*What you will do*
Only certain lines below are wanted: those starting at the line containing "let lines = last_answer(kept.as_slice()).saturating_add(1);" and ending at the line containing "let blocks = blocks_of(alloc, part, &tables, all.as_slice())?;", both included, each retyped exactly.

*Given data*
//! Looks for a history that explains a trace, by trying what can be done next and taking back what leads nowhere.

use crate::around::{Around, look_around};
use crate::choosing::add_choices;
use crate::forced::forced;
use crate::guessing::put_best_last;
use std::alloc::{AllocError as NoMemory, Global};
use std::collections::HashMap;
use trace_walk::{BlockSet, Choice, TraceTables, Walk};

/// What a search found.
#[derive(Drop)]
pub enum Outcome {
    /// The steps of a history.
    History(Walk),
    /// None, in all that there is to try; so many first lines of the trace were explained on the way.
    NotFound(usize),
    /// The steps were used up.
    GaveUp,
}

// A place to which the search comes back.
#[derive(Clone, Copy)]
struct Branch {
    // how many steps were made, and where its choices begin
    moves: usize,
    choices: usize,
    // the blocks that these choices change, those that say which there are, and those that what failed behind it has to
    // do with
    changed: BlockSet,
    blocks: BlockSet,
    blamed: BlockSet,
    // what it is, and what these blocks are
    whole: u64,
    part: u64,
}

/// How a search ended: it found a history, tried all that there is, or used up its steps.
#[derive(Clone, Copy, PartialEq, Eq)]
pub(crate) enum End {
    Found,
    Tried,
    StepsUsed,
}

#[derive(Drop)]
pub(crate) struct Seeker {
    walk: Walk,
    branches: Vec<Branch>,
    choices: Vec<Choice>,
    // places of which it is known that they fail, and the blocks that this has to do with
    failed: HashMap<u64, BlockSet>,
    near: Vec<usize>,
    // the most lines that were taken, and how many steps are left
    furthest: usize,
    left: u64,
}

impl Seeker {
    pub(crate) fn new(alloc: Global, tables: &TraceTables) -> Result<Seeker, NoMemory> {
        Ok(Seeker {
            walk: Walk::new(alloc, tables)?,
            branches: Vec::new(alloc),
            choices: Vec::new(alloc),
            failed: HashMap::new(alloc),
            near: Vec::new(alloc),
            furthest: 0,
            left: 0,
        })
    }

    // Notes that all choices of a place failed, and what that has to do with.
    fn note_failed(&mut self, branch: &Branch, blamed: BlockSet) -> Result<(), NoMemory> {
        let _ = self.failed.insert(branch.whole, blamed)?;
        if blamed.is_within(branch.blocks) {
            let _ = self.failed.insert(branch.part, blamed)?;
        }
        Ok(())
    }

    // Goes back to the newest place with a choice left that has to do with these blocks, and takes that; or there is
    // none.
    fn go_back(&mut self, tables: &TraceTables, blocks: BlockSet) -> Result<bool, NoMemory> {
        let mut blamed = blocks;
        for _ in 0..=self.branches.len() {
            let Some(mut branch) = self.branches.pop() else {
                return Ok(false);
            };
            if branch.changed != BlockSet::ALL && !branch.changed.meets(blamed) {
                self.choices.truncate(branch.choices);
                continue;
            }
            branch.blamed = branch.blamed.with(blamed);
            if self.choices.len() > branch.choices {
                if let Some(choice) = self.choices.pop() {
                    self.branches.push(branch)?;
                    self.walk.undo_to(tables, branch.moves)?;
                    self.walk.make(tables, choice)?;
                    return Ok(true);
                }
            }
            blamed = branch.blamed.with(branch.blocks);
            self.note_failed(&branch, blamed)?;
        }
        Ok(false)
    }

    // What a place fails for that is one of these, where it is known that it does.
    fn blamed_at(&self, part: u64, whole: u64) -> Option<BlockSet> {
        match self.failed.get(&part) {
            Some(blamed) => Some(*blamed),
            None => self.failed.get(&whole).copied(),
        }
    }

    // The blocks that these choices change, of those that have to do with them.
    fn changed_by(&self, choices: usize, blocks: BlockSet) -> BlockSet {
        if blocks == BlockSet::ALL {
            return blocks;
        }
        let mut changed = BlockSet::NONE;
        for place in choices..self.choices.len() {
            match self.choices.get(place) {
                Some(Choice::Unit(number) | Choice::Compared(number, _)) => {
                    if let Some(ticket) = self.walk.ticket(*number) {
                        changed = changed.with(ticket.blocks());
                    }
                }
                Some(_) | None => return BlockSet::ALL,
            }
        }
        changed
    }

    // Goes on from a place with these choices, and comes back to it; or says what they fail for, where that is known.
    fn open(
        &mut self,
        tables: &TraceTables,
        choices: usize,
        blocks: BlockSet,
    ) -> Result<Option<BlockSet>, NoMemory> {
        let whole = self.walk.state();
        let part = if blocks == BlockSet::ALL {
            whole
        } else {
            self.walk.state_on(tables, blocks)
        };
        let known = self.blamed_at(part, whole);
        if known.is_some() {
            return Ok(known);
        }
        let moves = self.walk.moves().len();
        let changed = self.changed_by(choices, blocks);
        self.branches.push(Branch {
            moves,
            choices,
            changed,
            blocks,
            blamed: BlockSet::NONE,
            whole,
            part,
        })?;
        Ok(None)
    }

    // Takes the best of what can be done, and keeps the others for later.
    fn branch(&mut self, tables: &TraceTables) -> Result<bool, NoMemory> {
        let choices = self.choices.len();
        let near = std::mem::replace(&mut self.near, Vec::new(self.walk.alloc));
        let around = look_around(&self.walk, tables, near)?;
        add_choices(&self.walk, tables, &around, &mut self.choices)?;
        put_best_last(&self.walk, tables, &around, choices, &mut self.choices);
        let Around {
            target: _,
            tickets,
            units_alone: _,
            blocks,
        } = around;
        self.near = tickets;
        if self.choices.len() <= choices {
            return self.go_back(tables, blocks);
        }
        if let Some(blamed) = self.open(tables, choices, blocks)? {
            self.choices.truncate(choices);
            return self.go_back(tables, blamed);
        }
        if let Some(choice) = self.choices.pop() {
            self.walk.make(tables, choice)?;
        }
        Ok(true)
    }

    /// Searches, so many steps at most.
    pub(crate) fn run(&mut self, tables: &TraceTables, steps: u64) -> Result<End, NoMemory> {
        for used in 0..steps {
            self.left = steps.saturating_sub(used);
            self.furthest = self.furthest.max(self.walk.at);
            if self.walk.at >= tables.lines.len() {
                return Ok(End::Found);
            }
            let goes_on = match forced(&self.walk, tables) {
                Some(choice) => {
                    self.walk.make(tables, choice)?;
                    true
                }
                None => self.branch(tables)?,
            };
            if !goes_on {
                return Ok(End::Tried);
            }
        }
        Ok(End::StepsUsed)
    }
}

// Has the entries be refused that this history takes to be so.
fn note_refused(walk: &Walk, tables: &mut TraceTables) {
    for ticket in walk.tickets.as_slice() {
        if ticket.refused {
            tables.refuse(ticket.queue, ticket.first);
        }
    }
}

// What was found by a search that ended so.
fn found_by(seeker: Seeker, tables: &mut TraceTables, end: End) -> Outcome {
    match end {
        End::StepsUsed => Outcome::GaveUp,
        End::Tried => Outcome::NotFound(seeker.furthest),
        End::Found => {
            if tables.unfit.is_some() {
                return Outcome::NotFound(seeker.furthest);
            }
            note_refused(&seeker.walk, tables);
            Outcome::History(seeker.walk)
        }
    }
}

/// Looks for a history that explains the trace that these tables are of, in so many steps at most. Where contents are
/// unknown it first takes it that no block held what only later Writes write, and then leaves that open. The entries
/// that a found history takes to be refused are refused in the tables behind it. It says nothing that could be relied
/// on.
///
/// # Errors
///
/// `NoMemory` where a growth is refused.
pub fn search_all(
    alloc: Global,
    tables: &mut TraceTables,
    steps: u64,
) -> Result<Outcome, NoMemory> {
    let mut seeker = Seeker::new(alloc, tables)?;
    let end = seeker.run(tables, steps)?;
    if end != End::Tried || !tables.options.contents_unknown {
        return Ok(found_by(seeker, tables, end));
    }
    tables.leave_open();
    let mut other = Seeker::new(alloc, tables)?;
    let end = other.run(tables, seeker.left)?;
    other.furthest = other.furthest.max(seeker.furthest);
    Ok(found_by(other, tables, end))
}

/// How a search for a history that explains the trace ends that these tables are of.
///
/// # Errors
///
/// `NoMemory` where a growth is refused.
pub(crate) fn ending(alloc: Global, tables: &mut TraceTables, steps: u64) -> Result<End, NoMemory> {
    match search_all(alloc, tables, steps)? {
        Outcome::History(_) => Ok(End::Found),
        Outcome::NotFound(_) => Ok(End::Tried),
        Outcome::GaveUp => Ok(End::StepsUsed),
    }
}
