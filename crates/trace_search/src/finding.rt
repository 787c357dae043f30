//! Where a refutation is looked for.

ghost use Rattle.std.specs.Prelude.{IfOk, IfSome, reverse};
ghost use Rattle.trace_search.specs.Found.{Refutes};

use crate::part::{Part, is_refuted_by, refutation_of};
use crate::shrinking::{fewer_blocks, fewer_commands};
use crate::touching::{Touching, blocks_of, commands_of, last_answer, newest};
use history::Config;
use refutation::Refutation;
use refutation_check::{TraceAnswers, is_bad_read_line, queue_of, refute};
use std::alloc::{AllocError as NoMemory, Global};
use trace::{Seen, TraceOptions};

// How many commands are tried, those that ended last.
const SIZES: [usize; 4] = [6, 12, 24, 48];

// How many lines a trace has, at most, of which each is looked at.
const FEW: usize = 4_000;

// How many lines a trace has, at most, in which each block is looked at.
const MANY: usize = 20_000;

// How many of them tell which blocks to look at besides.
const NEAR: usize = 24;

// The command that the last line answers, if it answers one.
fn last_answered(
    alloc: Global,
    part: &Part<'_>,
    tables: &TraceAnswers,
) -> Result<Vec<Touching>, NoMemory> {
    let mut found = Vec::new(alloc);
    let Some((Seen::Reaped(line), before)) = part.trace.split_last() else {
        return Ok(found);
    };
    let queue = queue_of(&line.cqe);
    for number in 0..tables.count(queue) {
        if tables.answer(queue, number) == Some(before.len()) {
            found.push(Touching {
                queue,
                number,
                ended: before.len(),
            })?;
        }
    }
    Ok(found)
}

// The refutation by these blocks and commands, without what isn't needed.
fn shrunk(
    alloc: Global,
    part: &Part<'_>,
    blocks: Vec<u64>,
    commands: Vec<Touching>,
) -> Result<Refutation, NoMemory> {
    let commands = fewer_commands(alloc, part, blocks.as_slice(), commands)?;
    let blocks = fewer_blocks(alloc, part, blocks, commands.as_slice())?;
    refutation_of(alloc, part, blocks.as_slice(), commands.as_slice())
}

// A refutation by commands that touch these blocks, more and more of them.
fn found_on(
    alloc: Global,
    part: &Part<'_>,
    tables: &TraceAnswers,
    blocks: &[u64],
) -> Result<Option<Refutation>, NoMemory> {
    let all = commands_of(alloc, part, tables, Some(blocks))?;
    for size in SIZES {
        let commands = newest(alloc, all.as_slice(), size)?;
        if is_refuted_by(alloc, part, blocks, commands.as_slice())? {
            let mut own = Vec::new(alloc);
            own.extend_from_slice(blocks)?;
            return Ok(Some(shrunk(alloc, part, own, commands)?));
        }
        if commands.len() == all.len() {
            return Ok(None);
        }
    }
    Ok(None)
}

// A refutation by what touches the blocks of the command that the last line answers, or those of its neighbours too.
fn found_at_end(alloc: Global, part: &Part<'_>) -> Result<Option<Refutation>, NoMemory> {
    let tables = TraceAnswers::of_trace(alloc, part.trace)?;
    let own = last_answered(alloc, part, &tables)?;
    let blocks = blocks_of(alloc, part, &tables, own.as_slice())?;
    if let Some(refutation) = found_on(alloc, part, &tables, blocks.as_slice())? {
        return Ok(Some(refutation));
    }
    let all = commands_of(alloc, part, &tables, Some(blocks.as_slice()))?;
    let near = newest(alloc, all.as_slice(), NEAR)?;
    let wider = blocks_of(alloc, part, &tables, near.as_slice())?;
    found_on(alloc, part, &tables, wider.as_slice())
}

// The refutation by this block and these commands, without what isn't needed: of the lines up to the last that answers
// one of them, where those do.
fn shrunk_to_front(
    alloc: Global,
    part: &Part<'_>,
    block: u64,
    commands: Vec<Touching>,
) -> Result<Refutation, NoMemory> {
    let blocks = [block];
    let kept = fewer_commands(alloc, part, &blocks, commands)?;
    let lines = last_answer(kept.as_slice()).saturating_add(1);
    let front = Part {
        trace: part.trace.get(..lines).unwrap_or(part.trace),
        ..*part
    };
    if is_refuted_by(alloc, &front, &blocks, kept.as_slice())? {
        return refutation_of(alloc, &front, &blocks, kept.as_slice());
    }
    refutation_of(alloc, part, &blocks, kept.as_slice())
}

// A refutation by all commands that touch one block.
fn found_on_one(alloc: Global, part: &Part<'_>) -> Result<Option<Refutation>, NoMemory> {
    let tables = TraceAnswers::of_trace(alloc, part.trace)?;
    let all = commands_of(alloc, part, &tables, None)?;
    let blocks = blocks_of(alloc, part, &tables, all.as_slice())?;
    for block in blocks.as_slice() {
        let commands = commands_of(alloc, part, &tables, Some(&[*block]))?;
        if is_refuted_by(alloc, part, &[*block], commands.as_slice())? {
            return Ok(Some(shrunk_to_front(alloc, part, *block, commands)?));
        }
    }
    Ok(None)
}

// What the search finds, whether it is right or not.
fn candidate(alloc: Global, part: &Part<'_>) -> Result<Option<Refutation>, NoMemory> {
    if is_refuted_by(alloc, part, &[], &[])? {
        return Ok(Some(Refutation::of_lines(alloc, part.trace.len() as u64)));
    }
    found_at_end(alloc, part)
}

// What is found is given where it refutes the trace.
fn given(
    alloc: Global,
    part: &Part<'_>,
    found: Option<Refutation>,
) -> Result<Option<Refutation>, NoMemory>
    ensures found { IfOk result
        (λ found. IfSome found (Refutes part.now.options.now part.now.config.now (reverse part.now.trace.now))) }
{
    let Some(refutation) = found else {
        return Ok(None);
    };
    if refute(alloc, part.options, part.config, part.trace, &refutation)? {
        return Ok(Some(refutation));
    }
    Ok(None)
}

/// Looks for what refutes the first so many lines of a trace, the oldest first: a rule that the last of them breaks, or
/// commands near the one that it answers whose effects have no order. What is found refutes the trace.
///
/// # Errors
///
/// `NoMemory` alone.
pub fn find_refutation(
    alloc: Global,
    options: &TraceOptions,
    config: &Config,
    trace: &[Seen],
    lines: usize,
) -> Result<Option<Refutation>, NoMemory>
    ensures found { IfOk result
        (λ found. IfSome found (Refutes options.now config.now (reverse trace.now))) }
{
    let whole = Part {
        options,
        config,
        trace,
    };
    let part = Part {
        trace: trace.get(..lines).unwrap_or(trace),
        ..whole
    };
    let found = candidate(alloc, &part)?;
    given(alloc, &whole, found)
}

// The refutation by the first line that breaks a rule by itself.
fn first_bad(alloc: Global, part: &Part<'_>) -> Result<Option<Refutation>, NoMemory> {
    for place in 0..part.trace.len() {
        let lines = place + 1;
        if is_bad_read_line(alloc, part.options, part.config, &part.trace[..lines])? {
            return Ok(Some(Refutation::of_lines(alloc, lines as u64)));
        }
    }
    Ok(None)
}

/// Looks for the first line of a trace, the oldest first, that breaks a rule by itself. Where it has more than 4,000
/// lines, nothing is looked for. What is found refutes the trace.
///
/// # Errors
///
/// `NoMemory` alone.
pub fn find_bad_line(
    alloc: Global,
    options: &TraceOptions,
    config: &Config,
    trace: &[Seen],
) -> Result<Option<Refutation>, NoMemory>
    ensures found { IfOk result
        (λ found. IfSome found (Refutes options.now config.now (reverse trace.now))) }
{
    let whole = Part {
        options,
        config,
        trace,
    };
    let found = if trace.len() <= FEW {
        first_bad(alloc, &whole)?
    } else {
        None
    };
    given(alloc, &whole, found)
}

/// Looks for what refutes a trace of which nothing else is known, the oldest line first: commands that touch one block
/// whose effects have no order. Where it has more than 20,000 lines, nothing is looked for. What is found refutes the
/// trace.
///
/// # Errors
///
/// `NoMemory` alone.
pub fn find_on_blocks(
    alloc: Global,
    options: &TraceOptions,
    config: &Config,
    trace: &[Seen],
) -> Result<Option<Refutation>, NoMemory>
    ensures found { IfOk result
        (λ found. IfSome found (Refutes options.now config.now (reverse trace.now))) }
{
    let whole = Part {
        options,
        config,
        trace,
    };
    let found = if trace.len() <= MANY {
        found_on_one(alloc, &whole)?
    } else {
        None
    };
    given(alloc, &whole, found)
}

*Completed task*
    let lines = last_answer(kept.as_slice()).saturating_add(1);
    let front = Part {
        trace: part.trace.get(..lines).unwrap_or(part.trace),
        ..*part
    };
    if is_refuted_by(alloc, &front, &blocks, kept.as_slice())? {
        return refutation_of(alloc, &front, &blocks, kept.as_slice());
    }
    refutation_of(alloc, part, &blocks, kept.as_slice())
}

// A refutation by all commands that touch one block.
fn found_on_one(alloc: Global, part: &Part<'_>) -> Result<Option<Refutation>, NoMemory> {
    let tables = TraceAnswers::of_trace(alloc, part.trace)?;
    let all = commands_of(alloc, part, &tables, None)?;
    let blocks = blocks_of(alloc, part, &tables, all.as_slice())?;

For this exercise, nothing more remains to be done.